▶ _WHAT NEEDS TO BE DONE_:
Below are lines of data; restate word for word those running from the line containing "use telegram_strict::Mode;" to the line containing "behind the header.", inclusive, and no others.

SOURCE DATA: Begin

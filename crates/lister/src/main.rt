// Lists the telegrams of standard input on standard output. Promise: `output_of` of crate `listing`, in `put_output`.
#![tactic(auto)]

ghost use Rattle.std.specs.Prelude.{◌≡◌, ◌≤◌, length, IfOk};
ghost use Rattle.listing.specs.Listing.{listing_room, output_of};

use listing::LISTING_ROOM;
use std::io;
use std::io::{Print, Read, Stderr, Stdin, Stdout};
use std::process::ExitCode;

// One more byte than the lister takes is enough to know that the input is above the limit.
const INPUT_ROOM: usize = 4097;

// Reads until the buffer is full, the input ends or a read fails; so many bytes lie at the front of the buffer.
// (The lister is proved from its streams on and uses no support code of programs, so it reads by itself.)
fn read_input(stdin: &mut Stdin, buf: &mut [u8]) -> io::Result<usize>
    ensures { IfOk result (λ len. len ≤ length buf.old) }
{
    // How much a read gives is known only behind it, so this is no `for`.
    let mut len = 0;
    while len < buf.len() {
        let n = stdin.read(&mut buf[len..])?;
        if n == 0 {
            return Ok(len);
        }
        len += n;
    }
    Ok(len)
}

// With this room the text is never refused: what is shown is what document 01 says of the input.
#[tactic(auto, using(listing::proofs::AnswerLaws::output_shown))]
fn put_output<'a>(input: &[u8], buf: &'a mut [u8]) -> &'a [u8]
    requires { listing_room ≤ length buf.old }
    ensures { result.now ≡ output_of input.now }
{
    let listed = listing::output(input, buf);
    listing::text(listed, buf)
}

fn print(stdout: Stdout, input: &[u8]) -> io::Result<()> {
    stdout.write_all(put_output(input, &mut [0u8; LISTING_ROOM]))
}

// Says why the list was not made. Nothing is left to say where standard error cannot be written.
fn failed(stderr: Stderr, why: &[u8]) -> ExitCode {
    let _ = stderr.write_all(why);
    ExitCode::FAILURE
}

fn main(rt: HostRuntime) -> ExitCode {
    let mut input = [0u8; INPUT_ROOM];
    let Ok(len) = read_input(&mut rt.stdin(), &mut input) else {
        return failed(rt.stderr(), b"lister: standard input could not be read\n");
    };
    if print(rt.stdout(), &input[..len]).is_err() {
        return failed(
            rt.stderr(),
            b"lister: standard output could not be written\n",
        );
    }
    ExitCode::SUCCESS
}
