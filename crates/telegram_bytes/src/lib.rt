// The bytes of a data telegram, written into a buffer that the caller lends, by a header whose function code is a byte.
#![tactic(auto)]

pub mod coded;
mod parts;
mod put;
pub mod serialized;

pub use coded::CodedHeader;
pub use serialized::serialize;
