// No code: what a station list is, stated of any list (specs/), that ours is one, and that no two answer differently (proofs/).
#![tactic(auto)]
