// Lists the telegrams of standard input in strict mode: the lister's lines up to the first telegram that strict mode refuses. Promise: `output_in` of crate
// `listing`, in `put_output`.
#![tactic(auto)]

ghost use Rattle.std.specs.Prelude.{◌≡◌, ◌≤◌, length};
ghost use Rattle.listing.specs.Listing.{listing_room, output_in};
ghost use Rattle.telegram_strict.specs.declared.strict.Mode.TheVariants.{Strict};

use line_text::bytes::front;
use line_text::printing;
use line_text::printing::{Streams, is_readable, is_written, print_error, read_full};
use listing::LISTING_ROOM;
use std::io;
use telegram_strict::Mode;

// One more byte than the lister takes is enough to know that the input is above the limit.
const INPUT_ROOM: usize = 4097;

// With this room the text is never refused.
#[tactic(auto, using(listing::proofs::AnswerLaws::output_shown))]
fn put_output<'a>(input: &[u8], buf: &'a mut [u8]) -> &'a [u8]
    requires { listing_room ≤ length buf.old }
    ensures { result.now ≡ output_in Strict input.now }
{
    let listed = listing::output_in(Mode::Strict, input, buf);
    listing::text(listed, buf)
}

fn print(streams: &Streams, input: &[u8]) -> bool {
    printing::print(streams, put_output(input, &mut [0u8; LISTING_ROOM]));
    is_written(streams)
}

fn main(rt: HostRuntime) -> io::Result<()> {
    let streams = Streams::new(rt.stdin(), rt.stdout(), rt.stderr());
    let mut input = [0u8; INPUT_ROOM];
    let len = read_full(&streams, &mut input);
    if !is_readable(&streams) {
        print_error(
            &streams,
            b"lister_strict: standard input could not be read\n",
        );
        return streams.end();
    }
    if !print(&streams, front(&input, len)) {
        print_error(
            &streams,
            b"lister_strict: standard output could not be written\n",
        );
    }
    streams.end()
}
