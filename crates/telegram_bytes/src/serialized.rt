// A data telegram, once its addresses, its length and the room for it are known to be fit. Promise: `serialize_of` and `serialized_to` in
// specs/Serialized.antt.
ghost use Rattle.std.specs.Prelude.{◌≡◌, length};
ghost use Rattle.telegram_bytes.specs.Serialized.{shown_serialized, serialize_of, serialized_to};

use crate::coded::CodedHeader;
use crate::parts::{length_byte, put_telegram};
use ground::Refusal;

// The PDU goes straight into the buffer behind the header.
#[tactic(auto, using(crate::proofs::LengthLaws::coded_bytes_length), unfolding(crate::specs::Serialized::serialize_of))]
pub fn serialize(header: CodedHeader, pdu: &[u8], buf: &mut [u8]) -> Result<usize, Refusal>
    ensures { (shown_serialized result ≡ serialize_of header pdu.now (length buf.old))
        × (buf.new ≡ serialized_to header pdu.now buf.old) }
{
    if 127 < header.da.0 || 127 < header.sa.0 {
        return Err(Refusal::AddressTooLarge);
    }
    let l = length_byte(header, pdu);
    if 249 < l {
        return Err(Refusal::TooLong);
    }
    put_telegram(header, pdu, l, buf).ok_or(Refusal::NoRoom)
}
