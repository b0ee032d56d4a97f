use ground::{Address, Sap};

// The header of a data telegram, with the byte of its function code in the place of the code: a caller that has the byte is spared
// decoding it, and the writer encoding it again. (A type of its own beside `DataTelegramHeader`: that one is document 01's, with the field `fc`
// that the definitions and theorems of reading name.)
#[derive(Clone, Copy, Debug, PartialEq, Eq)]
pub struct CodedHeader {
    // Destination address
    pub da: Address,
    // Source address
    pub sa: Address,
    // Destination service access point
    pub dsap: Option<Sap>,
    // Source service access point
    pub ssap: Option<Sap>,
    // Function code, as a byte
    pub code: u8,
}
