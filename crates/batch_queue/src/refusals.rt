//! The refusals of the queue.
use thiserror::Error;

/// Why a change cannot wait.
#[derive(Clone, Copy, Debug, PartialEq, Eq, Error)]
pub enum QueueRefusal {
    /// A change of the same member is pending.
    #[error("a change of this member is pending")]
    AlreadyPending,
    /// As many changes are pending as a batch has at the most.
    #[error("{pending} changes are pending")]
    BatchFull { pending: u32 },
}
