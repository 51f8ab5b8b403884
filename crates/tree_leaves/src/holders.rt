//! The leaves of a tree and who has them, as a slice by rising leaf.
ghost use Rattle.std.specs.Prelude.{◌≡◌, ◌≤◌, ◌^◌, ◌&&◌, length, map, is_some, is_none, IfOk, None, if◌then◌else◌};
ghost use Rattle.std.specs.List.{position, fold, list_any};
ghost use Rattle.group_terms.specs.Changes.{leavers, joiners};
ghost use Rattle.tree_leaves.specs.Places.{is_held_by, no_holders, member_count, vacated, placed, holders_after};
ghost use Rattle.tree_leaves.specs.Fresh.{is_same_holder, changed_leaves};
ghost use Rattle.tree_leaves.specs.Unchanged.{unchanged_holders};

use group_terms::{Change, LeafMarks, List, MemberName, NoMemory};
use std::alloc::Global;

/// Who has a leaf, if anybody has it.
pub type Holder = Option<MemberName>;

/// The leaves of a tree of this depth before anybody has one. `NoMemory` if out of memory for them.
pub fn nobody(alloc: Global, depth: u8) -> Result<List<Holder>, NoMemory>
    requires { depth ≤ 9 }
    ensures { IfOk result (λ holders. holders ≡ no_holders depth) }
{
    Ok(List::from_vec(vec![in alloc; None; 1 << depth]?))
}

/// Whether a leaf with this holder is that of a member.
pub fn is_held_by(holder: &Holder, member: &MemberName) -> bool
    ensures { result ≡ is_held_by member.now holder.now }
{
    match holder {
        Some(name) => member == name,
        None => false,
    }
}

/// Where the leaf of a member is among all of them, counted from 0.
pub fn place_of(holders: &[Holder], member: &MemberName) -> Option<usize>
    ensures { result ≡ position (is_held_by member.now) holders.now }
{
    holders.iter().position(|holder| is_held_by(holder, member))
}

/// The leaves that nobody has. `NoMemory` if out of memory for their marks.
pub fn free(alloc: Global, depth: u8, holders: &[Holder]) -> Result<LeafMarks, NoMemory>
    requires not_deep { depth ≤ 9 }
    requires leaves { length holders.now ≡ 2 ^ depth }
    ensures { IfOk result (λ marks. marks ≡ record { depth = depth; leaves = map is_none holders.now }) }
{
    let mut leaves = List::with_room(alloc, holders.len())?;
    for holder in holders {
        leaves.push(holder.is_none())?;
    }
    LeafMarks::of(alloc, depth, leaves.as_slice())
}

/// How many leaves somebody has.
pub fn count_members(holders: &[Holder]) -> usize
    ensures count { result ≡ member_count holders.now }
    ensures within { result ≤ length holders.now }
{
    holders.iter().filter(|holder| holder.is_some()).count()
}

/// Who has which leaf after a batch. `NoMemory` if out of memory for them.
pub fn after(alloc: Global, before: &[Holder], batch: &[Change]) -> Result<List<Holder>, NoMemory>
    ensures holders { IfOk result (λ after. after ≡ holders_after before.now batch.now) }
    ensures len { IfOk result (λ after. length after ≡ length before.now) }
{
    let mut after = List::copy_of(alloc, before)?.into_vec();
    change(&mut after, batch);
    Ok(List::from_vec(after))
}

/// Removes the members that the batch takes out, and then gives those that it lets in a leaf each.
fn change(holders: &mut [Holder], batch: &[Change])
    ensures { holders.new ≡ holders_after holders.old batch.now }
{
    vacate_all(holders, batch);
    place_all(holders, batch);
}

fn vacate_all(holders: &mut [Holder], batch: &[Change])
    ensures { holders.new ≡ fold vacated holders.old (leavers batch.now) }
{
    for change in batch {
        if let Change::Out { member } = change {
            vacate(holders, member);
        }
    }
}

fn place_all(holders: &mut [Holder], batch: &[Change])
    ensures { holders.new ≡ fold placed holders.old (joiners batch.now) }
{
    for change in batch {
        if let Change::In { member } = change {
            place(holders, member);
        }
    }
}

fn vacate(holders: &mut [Holder], member: &MemberName)
    ensures { holders.new ≡ vacated holders.old member.now }
{
    for holder in holders.iter_mut() {
        *holder = unless_held_by(*holder, member);
    }
}

fn unless_held_by(holder: Holder, member: &MemberName) -> Holder
    ensures { result ≡ (if is_held_by member.now holder then None else holder) }
{
    if is_held_by(&holder, member) {
        None
    } else {
        holder
    }
}

fn place(holders: &mut [Holder], member: &MemberName)
    ensures { holders.new ≡ placed holders.old member.now }
{
    if let Some(free) = lowest_free(holders) {
        holders[free] = Some(*member);
    }
}

fn lowest_free(holders: &[Holder]) -> Option<usize>
    ensures { result ≡ position is_none holders.now }
{
    holders.iter().position(|holder| holder.is_none())
}

/// For each leaf, whether who has it changed. `NoMemory` if out of memory for them.
pub fn changed(alloc: Global, before: &[Holder], after: &[Holder]) -> Result<List<bool>, NoMemory>
    requires { length before.now ≡ length after.now }
    ensures leaves { IfOk result (λ leaves. leaves ≡ changed_leaves before.now after.now) }
    ensures len { IfOk result (λ leaves. length leaves ≡ length after.now) }
{
    let mut leaves = List::with_room(alloc, after.len())?;
    for (i, holder) in after.iter().enumerate() {
        leaves.push(!is_same(&before[i], holder))?;
    }
    Ok(leaves)
}

/// For each leaf, whether somebody has it who had it before. `NoMemory` if out of memory for them.
pub fn held_on(alloc: Global, before: &[Holder], after: &[Holder]) -> Result<List<bool>, NoMemory>
    requires { length before.now ≡ length after.now }
    ensures leaves { IfOk result (λ leaves. leaves ≡ unchanged_holders before.now after.now) }
    ensures len { IfOk result (λ leaves. length leaves ≡ length after.now) }
{
    let mut leaves = List::with_room(alloc, after.len())?;
    for (i, holder) in after.iter().enumerate() {
        leaves.push(is_held_on(&before[i], holder))?;
    }
    Ok(leaves)
}

/// Whether somebody has a leaf who had it before.
pub fn is_held_on(before: &Holder, after: &Holder) -> bool
    ensures { result ≡ (is_some after.now && is_same_holder before.now after.now) }
{
    after.is_some() && is_same(before, after)
}

/// Whether a leaf has the same holder before and after, or none both times.
pub fn is_same(before: &Holder, after: &Holder) -> bool
    ensures { result ≡ is_same_holder before.now after.now }
{
    match after {
        Some(holder) => is_held_by(before, holder),
        None => before.is_none(),
    }
}

/// Whether a leaf is marked.
pub fn any(leaves: &[bool]) -> bool
    ensures { result ≡ list_any (λ passes. passes) leaves.now }
{
    leaves.iter().any(|passes| *passes)
}
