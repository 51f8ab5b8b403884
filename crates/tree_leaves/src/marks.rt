//! Positions at or above the marked leaves.
ghost use Rattle.std.specs.Prelude.{◌≡◌, ◌+◌, ◌^◌, ◌<◌, ◌||◌, ◌==◌};
ghost use Rattle.group_terms.specs.Positions.{some_leaf_below};

use group_terms::{LeafMarks, LkhId};

/// Whether a position is the root, or a marked leaf stands at it or below it: of the leaves that change hands with a batch, those are the
/// positions that it renews.
pub fn is_marked(id: LkhId, leaves: &LeafMarks) -> bool
    requires { id < 2 ^ (leaves.now.depth + 1) }
    ensures { result ≡ (id == 1 || some_leaf_below leaves.now.depth leaves.now.leaves id) }
{
    let v = usize::from(id.number());
    v == 1 || leaves.is_below(v)
}
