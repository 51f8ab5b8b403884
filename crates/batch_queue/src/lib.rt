//! The changes of membership that wait for the next batch.
#![tactic(auto)]

pub use queues::Queue;
pub use refusals::QueueRefusal;

mod queues;
mod refusals;
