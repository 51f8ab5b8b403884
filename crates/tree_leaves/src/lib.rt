//! The leaves of a group's key tree: who has which, which change hands with a batch, and which positions are then at or above one of them; and positions
//! by their numbers.
#![tactic(auto)]

pub use marks::is_marked;
pub use positions::{node, position};

pub mod holders;
mod marks;
mod positions;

SOURCE DATA: End

▶ _REPLY TO THE TASK_:
use telegram_strict::Mode;

// One more byte than the lister takes is enough to know that the input is above the limit.
const INPUT_ROOM: usize = 4097;

// With this room the text is never refused.
#[tactic(auto, using(listing::proofs::AnswerLaws::output_shown))]
fn put_output<'a>(input: &[u8], buf: &'a mut [u8]) -> &'a [u8]
    requires { listing_room ≤ length buf.old }
    ensures { result.now ≡ output_in Strict input.now }
{
    let listed = listing::output_in(Mode::Strict, input, buf);
    listing::text(listed, buf)
}

fn print(streams: &Streams, input: &[u8]) -> bool {
    printing::print(streams, put_output(input, &mut [0u8; LISTING_ROOM]));
    is_written(streams)
}

fn main(rt: HostRuntime) -> io::Result<()> {
    let streams = Streams::new(rt.stdin(), rt.stdout(), rt.stderr());
    let mut input = [0u8; INPUT_ROOM];
    let len = read_full(&streams, &mut input);
    if !is_readable(&streams) {
        print_error(
            &streams,
            b"lister_strict: standard input could not be read\n",
        );
        return streams.end();
    }
    if !print(&streams, front(&input, len)) {
        print_error(
            &streams,
            b"lister_strict: standard output could not be written\n",
        );
    }
    streams.end()
}
filename crates/telegram_bytes/src/serialized.rt
// A data telegram, once its addresses, its length and the room for it are known to be fit. Promise: `serialize_of` and `serialized_to` in
// specs/Serialized.antt.
ghost use Rattle.std.specs.Prelude.{◌≡◌, length};
ghost use Rattle.telegram_bytes.specs.Serialized.{shown_serialized, serialize_of, serialized_to};

use crate::coded::CodedHeader;
use crate::parts::{length_byte, put_telegram};
use ground::Refusal;

// The PDU goes straight into the buffer behind the header.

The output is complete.